The Court decided the case on two grounds. First, looking at history, Gorsuch noted that colonial, federal, state, and local legislatures have a long tradition of censuring their members (one cited example involved Senator Joseph McCarthy’s 1954 censure by the Senate) “not only for objectionable speech directed at fellow Members but also for comments to the media, public remarks disclosing confidential information, and conduct or speech thought damaging to the Nation.” While some of that evidence long postdates 1791, Gorsuch noted — with a quotation from James Madison — that “when faced with a dispute about the Constitution’s meaning or application, long settled and established practice is a consideration of great weight. . . . Often, a regular course of practice can illuminate or liquidate our founding document’s terms & phrases.” (Quotations and citations omitted.) The Court found the evidence of legislative power to censure without First Amendment restriction to be unbroken and unanimous back to colonial times:

We have before us no evidence suggesting prior generations thought an elected representative’s speech might be “abridg[ed]” by that kind of countervailing speech from his colleagues. . . . Instead, when it comes to disagreements of this sort, history suggests a different understanding of the First Amendment—one permitting free speech on both sides and for every faction on any side. (Quotations and citations omitted).

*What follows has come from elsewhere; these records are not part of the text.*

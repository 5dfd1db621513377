//! Variables, and what values do to them.

use crate::statements::Outline;
use crate::tokens::{Part, name_at, sort_at};
use lsl_lex::{Sort, Token};
use lsl_text::NoMemory;
use lsl_value::Kind;
use std::alloc::Global;

/// Where a variable is kept: at a place among its routine's or among the globals. The result of a routine is reported
/// as if it were one.
#[derive(Clone, Copy, Debug, PartialEq, Eq)]
pub enum Slot {
    Local(usize),
    Global(usize),
    Result,
}

/// A variable: its name's token, its kind, and its slot.
#[derive(Clone, Copy, Debug)]
pub struct Variable {
    pub name: usize,
    pub kind: Kind,
    pub slot: Slot,
}

/// The variables that a routine can name: the globals, and its own, the inner ones last.
#[derive(Drop)]
pub struct Scope<'a> {
    tokens: &'a [Token],
    globals: Vec<Variable>,
    pub locals: Vec<Variable>,
    slots: usize,
}

impl<'a> Scope<'a> {
    pub fn new(
        alloc: Global,
        tokens: &'a [Token],
        outline: &Outline,
    ) -> Result<Scope<'a>, NoMemory> {
        let mut globals = Vec::new(alloc);
        for (place, declared) in outline.globals.iter().enumerate() {
            globals.push(Variable {
                name: declared.name,
                kind: declared.kind,
                slot: Slot::Global(place),
            })?;
        }
        Ok(Scope {
            tokens,
            globals,
            locals: Vec::new(alloc),
            slots: 0,
        })
    }

    /// Begins a routine.
    pub fn clear(&mut self) {
        self.locals.truncate(0);
        self.slots = 0;
    }

    /// Declares a variable.
    pub fn declare(&mut self, name: usize, kind: Kind) -> Result<Variable, NoMemory> {
        let variable = Variable {
            name,
            kind,
            slot: Slot::Local(self.slots),
        };
        self.slots = self.slots.saturating_add(1);
        self.locals.push(variable)?;
        Ok(variable)
    }

    /// The variable that a name refers to.
    pub fn visible(&self, name: &[u8]) -> Option<Variable> {
        let own = self.locals.iter().rev();
        let mut all = own.chain(self.globals.iter());
        all.find(|it| name_at(self.tokens, it.name) == name)
            .copied()
    }

    /// Whether a variable's name refers to it here.
    pub fn sees(&self, variable: &Variable) -> bool {
        match self.visible(name_at(self.tokens, variable.name)) {
            Some(found) => found.slot == variable.slot,
            None => false,
        }
    }

    /// The globals that no parameter hides.
    pub fn push_globals(&self, told: &mut Vec<Variable>) -> Result<(), NoMemory> {
        for variable in &self.globals {
            if self.sees(variable) {
                told.push(*variable)?;
            }
        }
        Ok(())
    }

    /// A local of the kind with a value that nothing reads once a result is known: of the names, in the order in which
    /// they were declared first, the last that refers to one.
    pub fn holder(&self, kind: Kind) -> Option<Variable> {
        for place in (0..self.locals.len()).rev() {
            let name = name_at(self.tokens, self.locals[place].name);
            let earlier = Part { from: 0, to: place };
            let is_first = !earlier
                .of(self.locals.as_slice())
                .iter()
                .any(|it| name_at(self.tokens, it.name) == name);
            if let Some(found) = self.visible(name)
                && is_first
                && found.kind == kind
            {
                return Some(found);
            }
        }
        None
    }

    /// The variables that these tokens may change, each once.
    pub fn changed(&self, alloc: Global, values: Part) -> Result<Vec<Variable>, NoMemory> {
        let mut found = Vec::new(alloc);
        for at in values.from..values.to {
            if is_changed(self.tokens, values, at)
                && let Some(variable) = self.visible(name_at(self.tokens, at))
            {
                add(&mut found, variable)?;
            }
        }
        Ok(found)
    }
}

/// Adds a variable that isn't there yet.
pub fn add(found: &mut Vec<Variable>, variable: Variable) -> Result<(), NoMemory> {
    if !found.iter().any(|it| it.slot == variable.slot) {
        found.push(variable)?;
    }
    Ok(())
}

/// Whether a name among values is assigned, or stepped.
fn is_changed(tokens: &[Token], values: Part, at: usize) -> bool {
    if !matches!(sort_at(tokens, at), Some(Sort::Name(_))) {
        return false;
    }
    let next = sort_at(tokens, at.saturating_add(1));
    if is_step(next) || is_assignment(next) {
        return true;
    }
    values.from < at && is_step(sort_at(tokens, at.saturating_sub(1)))
}

fn is_step(sort: Option<&Sort>) -> bool {
    matches!(sort, Some(Sort::PlusPlus | Sort::MinusMinus))
}

fn is_assignment(sort: Option<&Sort>) -> bool {
    matches!(
        sort,
        Some(
            Sort::Assign
                | Sort::PlusAssign
                | Sort::MinusAssign
                | Sort::StarAssign
                | Sort::SlashAssign
                | Sort::PercentAssign
        )
    )
}

/// Whether the token at a place is the name of a call.
pub fn is_call(tokens: &[Token], at: usize) -> bool {
    matches!(sort_at(tokens, at), Some(Sort::Name(_)))
        && matches!(sort_at(tokens, at.saturating_add(1)), Some(Sort::ParenOpen))
}

/// Whether a call among these tokens lets a script sleep.
pub fn sleeps_in(tokens: &[Token], values: Part) -> bool {
    (values.from..values.to).any(|at| is_call(tokens, at)
        && name_at(tokens, at) == b"llSleep".as_slice())
}
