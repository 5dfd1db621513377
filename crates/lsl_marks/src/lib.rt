//! Scripts with markers: copies that report which statement comes and what values variables have, and the journals of
//! such copies.
#![tactic(auto)]

mod beginnings;
mod blocks;
mod bodies;
mod calls;
mod entries;
mod journal_lines;
mod lines;
mod lists;
mod markers;
mod reader;
mod returns;
mod statements;
mod tiers;
mod tokens;
mod told;
mod units;
mod variables;
mod writer;

pub use crate::entries::{Arrival, Entry, Guilty, Told, Value, What};
pub use crate::journal_lines::told_by_owner;
pub use crate::lines::{
    push_entries, push_files, push_globals, push_marks, push_number, push_text,
};
pub use crate::markers::Marker;
pub use crate::reader::Played;
pub use crate::tiers::Tier;
pub use crate::tokens::Part;
pub use crate::told::{read_plain, read_told};
pub use crate::units::{MAX_SCRIPT_BYTES, Unit};
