//! The entries of a trace.

use crate::variables::Variable;

/// An entry of a trace, or a value that was reported at the entry before.
#[derive(Clone, Copy)]
pub struct Entry<'a> {
    pub step: u64,
    pub segment: u64,
    pub what: What<'a>,
}

/// What happened.
#[derive(Clone, Copy)]
pub enum What<'a> {
    At(Arrival),
    Set(Value<'a>),
    /// A line of the plain journal, without its end.
    Said(&'a [u8]),
}

/// A script reached a marker. `serial` numbers the call that is active, and `outer` the one that called it, or is 0.
#[derive(Clone, Copy)]
pub struct Arrival {
    pub script: usize,
    pub marker: usize,
    pub serial: u64,
    pub outer: u64,
}

/// The value of a variable, in quotes. `serial` numbers its call, and is 0 for a global.
#[derive(Clone, Copy)]
pub struct Value<'a> {
    pub serial: u64,
    pub variable: Variable,
    pub told: &'a [u8],
}

/// What behaved differently than without markers.
#[derive(Clone, Copy, Debug, PartialEq, Eq)]
pub enum Guilty {
    /// The script of this number.
    Script(usize),
    Unknown,
}

/// How the journal of copies was read.
#[derive(Drop)]
pub enum Told<'a> {
    Entries(Vec<Entry<'a>>),
    Differs(Guilty),
}
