//! The lists of a `for` in a copy, where calls without a value are allowed.

use crate::markers::{After, Moment};
use crate::statements::Statement;
use crate::tokens::{Part, depth_after, semicolon_from, sort_at, start_at};
use crate::variables::{Variable, sleeps_in};
use crate::writer::{Place, Sign, Writer};
use lsl_lex::{Sort, Token};
use lsl_text::NoMemory;
use std::alloc::Global;

/// The parts of a `for` in its parentheses.
#[derive(Clone, Copy)]
pub struct Lists {
    pub starts: Part,
    pub condition: Part,
    pub steps: Part,
}

impl Writer<'_, '_> {
    pub fn lists_of(&self, values: Part) -> Lists {
        let first = semicolon_from(self.source.tokens, values.from);
        let middle = first.saturating_add(1);
        let second = semicolon_from(self.source.tokens, middle);
        Lists {
            starts: Part {
                from: values.from,
                to: first,
            },
            condition: Part {
                from: middle,
                to: second,
            },
            steps: Part {
                from: second.saturating_add(1),
                to: values.to,
            },
        }
    }

    pub fn lists(&mut self, statement: &Statement) -> Result<(), NoMemory> {
        let lists = self.lists_of(statement.values);
        self.list(lists.starts, statement.first, After::Nothing)?;
        self.list(lists.steps, statement.first, After::Tick)?;
        let carried = self.scope.changed(self.alloc, lists.condition)?;
        let after = if lists.steps.is_empty() {
            After::Tick
        } else {
            self.before_sleeps(lists.steps)
        };
        self.open(Some(*statement), carried, after)
    }

    /// Markers after each call in a list that sleeps, and at its end where variables may have changed or a tick passes.
    fn list(&mut self, list: Part, at: usize, end: After) -> Result<(), NoMemory> {
        let tokens = self.source.tokens;
        for value in &values_of(self.alloc, tokens, list)? {
            if sleeps_in(tokens, *value) {
                let rest = Part {
                    from: value.to,
                    to: list.to,
                };
                self.copy_to(start_at(tokens, value.to))?;
                self.list_note(at, &[], self.before_sleeps(rest))?;
            }
        }
        let changed = self.scope.changed(self.alloc, list)?;
        if !changed.is_empty() || end == After::Tick && !list.is_empty() {
            self.copy_to(start_at(tokens, list.to))?;
            self.list_note(at, changed.as_slice(), end)?;
        }
        Ok(())
    }

    fn list_note(&mut self, at: usize, says: &[Variable], after: After) -> Result<(), NoMemory> {
        let place = Place {
            moment: Moment::Note,
            first: at,
            last: at,
            after,
        };
        self.mark(place, says, None, Sign::Comma)
    }
}

/// The values of a list, which commas part.
fn values_of(alloc: Global, tokens: &[Token], list: Part) -> Result<Vec<Part>, NoMemory> {
    let mut values = Vec::new(alloc);
    let mut depth = 0;
    let mut from = list.from;
    for at in list.from..list.to {
        let sort = sort_at(tokens, at);
        depth = depth_after(depth, sort);
        if depth == 0 && matches!(sort, Some(Sort::Comma)) {
            values.push(Part { from, to: at })?;
            from = at.saturating_add(1);
        }
    }
    if list.from < list.to {
        values.push(Part { from, to: list.to })?;
    }
    Ok(values)
}
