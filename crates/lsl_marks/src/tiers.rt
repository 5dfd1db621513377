//! How much a copy reports.

use lsl_value::Kind;

/// What a copy reports, the most first.
#[derive(Clone, Copy, Debug, PartialEq, Eq)]
pub enum Tier {
    /// All values, and each result, for which a variable may be added.
    All,
    /// All values, and the results that an existing variable can hold.
    Held,
    Integers,
    NoValues,
    /// Nothing: the copy is the script itself.
    Nothing,
}

impl Tier {
    /// Its number, from 0.
    pub fn number(&self) -> u8 {
        *self as u8
    }

    /// The next tier, which reports less.
    pub fn next(&self) -> Tier {
        match self {
            Tier::All => Tier::Held,
            Tier::Held => Tier::Integers,
            Tier::Integers => Tier::NoValues,
            _ => Tier::Nothing,
        }
    }

    pub fn tells(&self, kind: Kind) -> bool {
        match self {
            Tier::All | Tier::Held => true,
            Tier::Integers => kind == Kind::Int,
            _ => false,
        }
    }
}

(The Court’s opinion noted that it was not ruling on the power to expel members of a legislative body, which implicates a distinct history and a distinct body of law.)

Second, the Court concluded that merely being censured verbally would not be a “material adverse” action amounting to retaliation, because it would not “chill a person of ordinary firmness” from speaking out. In other words, strap on your big boy pants, you’re a public official:

Mr. Wilson was an elected official. In this country, we expect elected representatives to shoulder a degree of criticism about their public service from their constituents and their peers — and to continue exercising their free speech rights when the criticism comes. . . . The First Amendment surely promises an elected representative like Mr. Wilson the right to speak freely on questions of government policy. But just as surely, it cannot be used as a weapon to silence other representatives seeking to do the same…Given these features of Mr. Wilson’s case, we do not see how the Board’s censure could qualify as a materially adverse action consistent with our case law. The censure at issue before us was a form of speech by elected representatives. It concerned the public conduct of another elected representative. Everyone involved was an equal member of the same deliberative body. As it comes to us, too, the censure did not prevent Mr. Wilson from doing his job, it did not deny him any privilege of office, and Mr. Wilson does not allege it was defamatory.

As a matter of free speech philosophy, this is the right answer: Speech should be met with more speech. Criticism alone is not censorship. The censure was not a boycott, a deplatforming, a mob shouting down a speaker, or an effort to get Wilson fired by some third-party employer. But, Gorsuch cautioned, it could be a different case when the government is using speech to silence people who can’t fight back against the state:

In rejecting Mr. Wilson’s claim, we do not mean to suggest that verbal reprimands or censures can never give rise to a First Amendment retaliation claim. It may be, for example, that government officials who reprimand or censure students, employees, or licensees may in some circumstances materially impair First Amendment freedoms…When the government interacts with private individuals as sovereign, employer, educator, or licensor, its threat of a censure could raise First Amendment questions. But those cases are not this one.